Hiram Kinsman Little was a resident of the town of Sutton, New Hampshire, though his early childhood was spent in nearby Newbury, N.H. where he was born on May 27, 1830. His father, a hard working farmer, died when Hiram was ten years old, and a few years later his mother moved the family to Manchester. A history of Sutton published in 1890 indicates that Hiram was not a very healthy child during some of his childhood. He would have been around twenty years of age when he moved to Sutton in 1850 where he married a Sutton girl, Susan Woodward in 1856, and became the father of Cyrus in 1859. Hiram became one of the most influential men in the town, manufacturing clothespins in partnership with his brother, William, and serving for several years as one of the town’s selectmen. His involvement in the Grand Army of The Republic during the war was also impressive as he rose in the ranks to become a first lieutenant and was involved in the battles of Fredericksburg, the Wilderness, and Petersburg, as well as the sieges of Vicksburg and Knoxville, according to the history of the town of Sutton. Injured in battle near Petersburg on June 20, 1864, and unable to communicate, and without identification, government officials did not know what happened to Hiram Little, but had informed his family that the missing soldier had probably been killed in battle. Lieutenant Little succumbed to the wound in his throat, dying on July 4, 1864. His funeral was held in a grove near a church in Sutton on July 10th, and overcome with grief, his wife died only two months afterwards and was buried by his side.
This story is as much about Lieutenant William Nason as it is Lieutenant Little. Not only did Nason secure permission to allow him to spend time with his wounded friend and provide as much as he could for his needs, he also made arrangements for the body to be properly cared for and made available for the family after Lieutenant Little’s death. He left a lengthy description of the occasion of the discovery of the unknown wounded soldier , along with events that happened before and after, in a letter to a W.L. Cogswell. Nason is listed in the register of soldiers from New Hampshire in the War of the Rebellion as being from the town of Springfield and serving in the Eleventh Volunteer Regiment from this State.

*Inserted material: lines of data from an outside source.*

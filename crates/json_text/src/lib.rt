//! JSON texts that may stand in the script of a page: printable ASCII alone, and no `<` at all, so that no text ends
//! the script.
//!
//! Bytes that are no UTF-8 are written as U+FFFD, one for each piece.
#![tactic(auto)]

mod item;
mod string;
mod writer;

pub use item::Item;
pub use string::{
    add_string, bytes_read_back, numbers_are_integers, strings_are_plain, strings_read_back,
    texts_have_one_value,
};
pub use writer::Json;
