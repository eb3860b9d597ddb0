//! What a session of a shell reaches beside its lines: files that it saves to and loads from, a clock, and who waits for
//! a long line.
#![tactic(auto)]

mod host;

pub use host::{FileFault, Host, Local};
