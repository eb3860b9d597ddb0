// Values that are no lists.

/// A value that is no list.
#[derive(Clone, Copy)]
pub enum Item<'a> {
    /// a string. Bytes that are no UTF-8 are read as U+FFFD
    Text(&'a [u8]),
    /// a number
    Number(u64),
    /// a number, or -1 for none
    Optional(Option<u64>),
}
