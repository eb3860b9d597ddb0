// Depths.
ghost use Rattle.std.specs.Prelude.{ℕ, ◌≡◌, ◌+◌, ◌≤◌, ◌<◌, length, max, slice_index, IfOk};
ghost use Rattle.runs.specs.Live.{IsLive};
ghost use Rattle.dependence.specs.Followers.{Follower};
ghost use Rattle.run_depths.specs.Depths.{AreDepths, IsDepth, StandsAt, AreBelow, IsBehind};

use dependence::Live;
use std::alloc::{AllocError, Global};

/// The depth of each live event, at its index counted from 0 in order of tickets: one more than the greatest depth of
/// those that it follows, and 0 where it follows none. So it is the same for all orders in which the events may have
/// been taken.
///
/// It is an error if there is no memory.
pub fn depths_of(alloc: Global, live: &Live) -> Result<Vec<usize>, AllocError>
    ensures depths { IfOk result (λ depths. AreDepths live.now.live depths.items) }
    ensures small { IfOk result (λ depths. AreBelow depths.items) }
{
    live.is_sound();
    let mut depths = Vec::with_capacity(alloc, live.len())?;
    for (ticket, _) in live.iter() {
        let depth = depth_of(live, depths.as_slice(), ticket);
        depths.push(depth)?;
    }
    Ok(depths)
}

/// The depth of the live event of this ticket, where those of the events before it are known.
fn depth_of(live: &Live, depths: &[usize], ticket: u64) -> usize
    requires live { IsLive live.now.live ticket }
    requires known { (t j : ℕ) → Follower live.now.live t ticket → StandsAt live.now.live t j → j < length depths.now }
    requires small { AreBelow depths.now }
    ensures depth { IsDepth live.now.live depths.now ticket result }
    ensures small { result ≤ length depths.now }
{
    live.is_sound();
    let mut depth = 0;
    let leads = live.leads(ticket);
    for lead in leads {
        depth = larger(depth, depth_behind(live, depths, *lead));
    }
    depth
}

/// The larger of two numbers.
pub(crate) fn larger(one: usize, other: usize) -> usize
    ensures { result ≡ max one other }
{
    if one < other { other } else { one }
}

/// One more than the depth of the live event of this ticket.
fn depth_behind(live: &Live, depths: &[usize], ticket: u64) -> usize
    requires live { IsLive live.now.live ticket }
    requires known { (j : ℕ) → StandsAt live.now.live ticket j → j < length depths.now }
    requires small { AreBelow depths.now }
    ensures depth { IsBehind live.now.live depths.now ticket result }
    ensures small { result ≤ length depths.now }
{
    match live.index_of(ticket) {
        Some(index) => depths[index] + 1,
        None => unreachable!(),
    }
}

/// One more than the depth of the event at an index.
pub(crate) fn depth_after(depths: &[usize], index: usize) -> usize
    requires inside { index < length depths.now }
    requires small { AreBelow depths.now }
    ensures depth { result ≡ slice_index depths.now index + 1 }
    ensures small { result ≤ length depths.now }
{
    depths[index] + 1
}
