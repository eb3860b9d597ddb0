// From which depth on a place may be stood at.
ghost use Rattle.std.specs.Prelude.{◌≡◌, ◌⊎◌, ◌+◌, ◌<◌, ◌≤◌, ℕ, Some, length, slice_get, slice_index, IfOk, IsTrue, OnOk, ◌↔◌};
ghost use Rattle.address.specs.Places.{Before};
ghost use Rattle.syntax.specs.Lists.{In};
ghost use Rattle.dependence.specs.LastEvents.{IsAt, Orderly, PutAt};
ghost use Rattle.runs.specs.Moves.{Place};
ghost use Rattle.dependence.specs.internal.Tabled.{Placed};
ghost use Rattle.run_depths.specs.Depths.{AreBelow, AreDepths};
ghost use Rattle.run_depths.specs.Since.{AreSince, IsEventSince, IsSince};
ghost use Rattle.run_depths.specs.internal.PlacesHeld.{BehindLast, GreatestBehind, HoldsTo};

use crate::depth::{depth_after, larger};
use address::Address;
use dependence::{Live, PlaceTable};
use runs::Event;
use std::alloc::{AllocError, Global};

/// From which depth on each of the two places of each live event may have been stood at: one more than the greatest
/// depth of an event with a place before it, and 0 where there is none. Of an event with one place it is told twice.
///
/// It is an error if there is no memory.
pub fn all_since(
    alloc: Global,
    live: &Live,
    depths: &[usize],
) -> Result<Vec<(usize, usize)>, AllocError>
    requires placed { Placed live.now.live }
    requires depths { AreDepths live.now.live depths.now }
    requires small { AreBelow depths.now }
    ensures { IfOk result (λ since. AreSince live.now.live depths.now since.items) }
{
    live.is_sound();
    let mut table = PlaceTable::new(alloc);
    let mut since = Vec::with_capacity(alloc, live.len())?;
    for (index, (ticket, event)) in live.iter().enumerate() {
        since.push(event_since(alloc, live, depths, &mut table, index, ticket, event)?)?;
    }
    Ok(since)
}

/// The same of the event at an index, of this ticket, where the table has the places of those before it.
fn event_since(
    alloc: Global,
    live: &Live,
    depths: &[usize],
    table: &mut PlaceTable,
    index: usize,
    ticket: u64,
    event: &Event,
) -> Result<(usize, usize), AllocError>
    requires stands { slice_get live.now.live index ≡ Some (ticket, event.now) }
    requires table { HoldsTo live.now.live index table.old }
    requires placed { Placed live.now.live }
    requires depths { AreDepths live.now.live depths.now }
    requires small { AreBelow depths.now }
    ensures since { IfOk result (λ since. IsEventSince live.now.live depths.now event.now since) }
    ensures table { OnOk result (HoldsTo live.now.live (index + 1) table.new) }
{
    live.is_sound();
    let first = put_since(alloc, depths, table, &event.first, index)?;
    match &event.second {
        Some(second) => {
            let other = put_since(alloc, depths, table, second, index)?;
            Ok((first, other))
        }
        None => Ok((first, first)),
    }
}

/// Puts the place of the event at an index into the table; one more than the greatest depth of the last events before
/// it, and 0 where there are none.
fn put_since(
    alloc: Global,
    depths: &[usize],
    table: &mut PlaceTable,
    place: &Address,
    index: usize,
) -> Result<usize, AllocError>
    requires orderly { Orderly table.old place.now }
    requires inside { (a : Place) (i : ℕ) → IsAt table.old a i → i < length depths.now }
    requires small { AreBelow depths.now }
    ensures put { OnOk result (PutAt table.old place.now index table.new) }
    ensures since { IfOk result (BehindLast table.old depths.now place.now) }
{
    let mut found = Vec::new(alloc);
    table.put(place, index as u64, &mut found)?;
    Ok(greatest_behind(depths, found.as_slice()))
}

/// One more than the greatest depth of the events at these indexes, and 0 where there are none.
fn greatest_behind(depths: &[usize], found: &[u64]) -> usize
    requires inside { (i : ℕ) → In i found.now → i < length depths.now }
    requires small { AreBelow depths.now }
    ensures { GreatestBehind depths.now found.now result }
{
    let mut since = 0;
    for index in found {
        since = larger(since, depth_after(depths, *index as usize));
    }
    since
}
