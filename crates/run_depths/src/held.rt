// The places of live events in one order, to ask how deep it stands before a place.
ghost use Rattle.std.specs.Prelude.{◌≡◌, ℕ, ◌<◌, ◌≤◌, ◌+◌, List, Some, true, length, not, take, slice_get, IfOk, OnOk};
ghost use Rattle.std.specs.List.Sorted.{IsPermutation};
ghost use Rattle.std.specs.Ordering.{is_lt};
ghost use Rattle.address.specs.Order.{order_of};
ghost use Rattle.dependence.specs.internal.Forks.{is_ordered_entry};
ghost use Rattle.runs.specs.Live as events;
ghost use Rattle.run_depths.specs.Depths.{AreBelow, AreDepths};
ghost use Rattle.run_depths.specs.Since.{IsSince};
ghost use Rattle.run_depths.specs.internal.Held.{AllHeld, AreReaches, CountsLess, CountsTo, GreatestBefore, GreatestOver, HoldsPlaces, IsHeldFor, IsInOrder, IsOrdered, IsReach};

use crate::depth::{depth_after, larger};
use address::{Address, Entry, compare};
use dependence::Live;
use runs::Event;
use std::alloc::{AllocError, Global};
use std::cmp::Ordering;

/// A place of a live event.
#[derive(Clone, Copy)]
pub(crate) struct HeldPlace<'a> {
    pub(crate) place: &'a Address,
    /// one more than the depth of its event
    pub(crate) behind: usize,
}

/// From the first of some places on, the greatest that `behind` is.
#[derive(Clone, Copy)]
pub(crate) struct Reach {
    first: usize,
    most: usize,
}

/// The places of live events, in the order of addresses.
#[derive(Drop)]
pub struct HeldPlaces<'a> {
    pub(crate) places: Vec<HeldPlace<'a>>,
    /// for each place one that ends with it
    pub(crate) reaches: Vec<Reach>,
}

/// How many places a reach has at most.
const LONGEST: usize = 64;

/// The places of all live events, which have these depths. It is an error if there is no memory.
pub fn held_places<'a>(
    alloc: Global,
    live: &'a Live,
    depths: &[usize],
) -> Result<HeldPlaces<'a>, AllocError>
    requires depths { AreDepths live.now.live depths.now }
    requires small { AreBelow depths.now }
    ensures { IfOk result (λ held. HoldsPlaces live.now.live depths.now held) }
{
    let mut places = all_places(alloc, live, depths)?;
    put_in_order(&mut places)?;
    let reaches = all_reaches(alloc, places.as_slice())?;
    Ok(HeldPlaces { places, reaches })
}

/// The places of all live events.
fn all_places<'a>(
    alloc: Global,
    live: &'a Live,
    depths: &[usize],
) -> Result<Vec<HeldPlace<'a>>, AllocError>
    requires depths { AreDepths live.now.live depths.now }
    requires small { AreBelow depths.now }
    ensures { IfOk result (λ places. AllHeld live.now.live depths.now (length live.now.live) places.items) }
{
    let mut places = Vec::with_capacity(alloc, live.len())?;
    for (index, (_, event)) in live.iter().enumerate() {
        add_places(event, depth_after(depths, index), &mut places)?;
    }
    Ok(places)
}

/// Adds the places of an event, where `behind` is one more than its depth.
fn add_places<'a>(
    event: &'a Event,
    behind: usize,
    places: &mut Vec<HeldPlace<'a>>,
) -> Result<(), AllocError>
    ensures { OnOk result (IsHeldFor event.now behind places.old.items places.new.items) }
{
    let place = &event.first;
    places.push(HeldPlace { place, behind })?;
    match &event.second {
        Some(place) => {
            places.push(HeldPlace { place, behind })?;
            Ok(())
        }
        None => Ok(()),
    }
}

/// Puts places in the order of addresses.
fn put_in_order(places: &mut Vec<HeldPlace<'_>>) -> Result<(), AllocError>
    ensures moved { IsPermutation places.old.items places.new.items }
    ensures ordered { OnOk result (IsOrdered places.new.items) }
{
    places.sort_by(
        |one: &HeldPlace<'_>, other: &HeldPlace<'_>| -> Ordering
            ensures { result ≡ order_of one.now.place.now other.now.place.now }
        { compare(one.place, other.place) },
    )?;
    Ok(())
}

/// For each of the places a reach that ends with it.
fn all_reaches(alloc: Global, places: &[HeldPlace<'_>]) -> Result<Vec<Reach>, AllocError>
    ensures { IfOk result (λ reaches. AreReaches places.now reaches.items) }
{
    let mut reaches = Vec::with_capacity(alloc, places.len())?;
    let mut reach = Reach { first: 0, most: 0 };
    for (index, held) in places.iter().enumerate() {
        reach = longer(reach, index, held.behind);
        reaches.push(reach)?;
    }
    Ok(reaches)
}

/// The reach with the place of an index behind it, or where it is long, one of that place alone.
fn longer(reach: Reach, index: usize, behind: usize) -> Reach
    requires { reach.first ≤ index }
    ensures first { result.first ≤ index }
    ensures most { (ps : List HeldPlace) (p : HeldPlace) → slice_get ps index ≡ Some p → p.behind ≡ behind →
        GreatestOver ps reach.first index reach.most → GreatestOver ps result.first (index + 1) result.most }
{
    if index - reach.first < LONGEST {
        Reach {
            first: reach.first,
            most: larger(reach.most, behind),
        }
    } else {
        Reach {
            first: index,
            most: behind,
        }
    }
}

/// From which depth on a place may be stood at behind all live events, whose places are held. It takes two searches by
/// halves for each entry of the place, and a step for each 64 places that part from it there.
pub fn since_now(held: &HeldPlaces<'_>, place: &Address) -> usize
    requires { IsInOrder held.now }
    ensures { (l : events.Live) (depths : List ℕ) → HoldsPlaces l depths held.now → IsSince l depths place.now result }
{
    let way = place.entries();
    let mut since = 0;
    for index in 0..way.len() {
        since = with_fork(held, way, index, since);
    }
    since
}

/// The greater of what is known of the first entries, and of the places that part from them at the next one.
fn with_fork(held: &HeldPlaces<'_>, entries: &[Entry], index: usize, since: usize) -> usize
    requires order { IsInOrder held.now }
    requires inside { index < length entries.now }
    requires known { GreatestBefore held.now.places.items (take index entries.now) since }
    ensures { GreatestBefore held.now.places.items (take (index + 1) entries.now) result }
{
    if is_ordered(entries, index) {
        return with_sequence(held, entries, index, since);
    }
    since
}

/// Whether the entry of this index is the number of a place in a sequence. Before the number of a branch stands none.
fn is_ordered(entries: &[Entry], index: usize) -> bool
    ensures { result ≡ is_ordered_entry (slice_get entries.now index) }
{
    match entries.get(index) {
        Some(Entry::Ordered(_)) => true,
        _ => false,
    }
}

/// The same of an entry that is the number of a place in a sequence.
fn with_sequence(held: &HeldPlaces<'_>, entries: &[Entry], index: usize, since: usize) -> usize
    requires order { IsInOrder held.now }
    requires inside { index < length entries.now }
    requires ordered { is_ordered_entry (slice_get entries.now index) ≡ true }
    requires known { GreatestBefore held.now.places.items (take index entries.now) since }
    ensures { GreatestBefore held.now.places.items (take (index + 1) entries.now) result }
{
    let (shared, _) = entries.split_at(index);
    let (parted, _) = entries.split_at(index + 1);
    let low = count_to(held.places.as_slice(), shared);
    let high = count_less(held.places.as_slice(), parted);
    larger(since, greatest_between(held, low, high))
}

/// How many of the places are less than these entries.
fn count_less(places: &[HeldPlace<'_>], entries: &[Entry]) -> usize
    requires { IsOrdered places.now }
    ensures { CountsLess places.now entries.now result }
{
    places.partition_point(
        |held: &HeldPlace<'_>| -> bool
            ensures { result ≡ is_lt (order_of held.now.place.now entries.entry.now) }
        { is_less(held.place.entries(), entries) },
    )
}

/// How many of the places come up to these entries, with them.
fn count_to(places: &[HeldPlace<'_>], entries: &[Entry]) -> usize
    requires { IsOrdered places.now }
    ensures { CountsTo places.now entries.now result }
{
    places.partition_point(
        |held: &HeldPlace<'_>| -> bool
            ensures { result ≡ not (is_lt (order_of entries.entry.now held.now.place.now)) }
        { !is_less(entries, held.place.entries()) },
    )
}

/// Whether the first entries are less than the others.
fn is_less(one: &[Entry], other: &[Entry]) -> bool
    ensures { result ≡ is_lt (order_of one.now other.now) }
{
    one.cmp(other).is_lt()
}

/// The greatest that `behind` is of the places from one index up to another, and 0 where there are none.
fn greatest_between(held: &HeldPlaces<'_>, low: usize, high: usize) -> usize
    requires order { IsInOrder held.now }
    requires inside { high ≤ length held.now.places.items }
    ensures { GreatestOver held.now.places.items low high result }
{
    let mut since = 0;
    let mut end = high;
    while low < end {
        let reach = reach_from(held, low, end - 1);
        since = larger(since, reach.most);
        end = reach.first;
    }
    since
}

/// The reach that ends with the place of an index, or where it begins before `low`, one of that place alone.
fn reach_from(held: &HeldPlaces<'_>, low: usize, last: usize) -> Reach
    requires order { IsInOrder held.now }
    requires inside { last < length held.now.places.items }
    requires from { low ≤ last }
    ensures first { low ≤ result.first }
    ensures reach { IsReach held.now.places.items (last + 1) result }
{
    let reach = held.reaches[last];
    if low <= reach.first {
        return reach;
    }
    Reach {
        first: last,
        most: held.places[last].behind,
    }
}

The “History of Sutton” compliled by Mrs. Augusta Worthen tells us that a Captain J.M. Durgin from the 12th N.H. Regiment also recognized the wounded Lt. Little while he was being transported to New York on the United States floating hospital, New World, and took charge of the few belongings of the wounded man. A silken sash that was among those items was given to Lt. Little’s son, Cyrus, eighteen years later when he met with Durgin at a camp named for Lt. Little on Sunapee Lake. Durgin was said to have been from Laconia, though the register of N.H. soldiers lists him as a Gilmanton resident.
Concerning his identification of the unknown soldier, Nason commented “…the scenes of those few days in July, 1864, were sad indeed, yet it has always afforded me much pleasure to think that I was the humble instrument – guided by the powerful hand of our Heavenly Father – that rescued my friend from an unknown grave, and from passing away ‘ unwept, unhonored, and unsung.’ ”


Robert Hanaford Smith Sr., lives in New Hampton.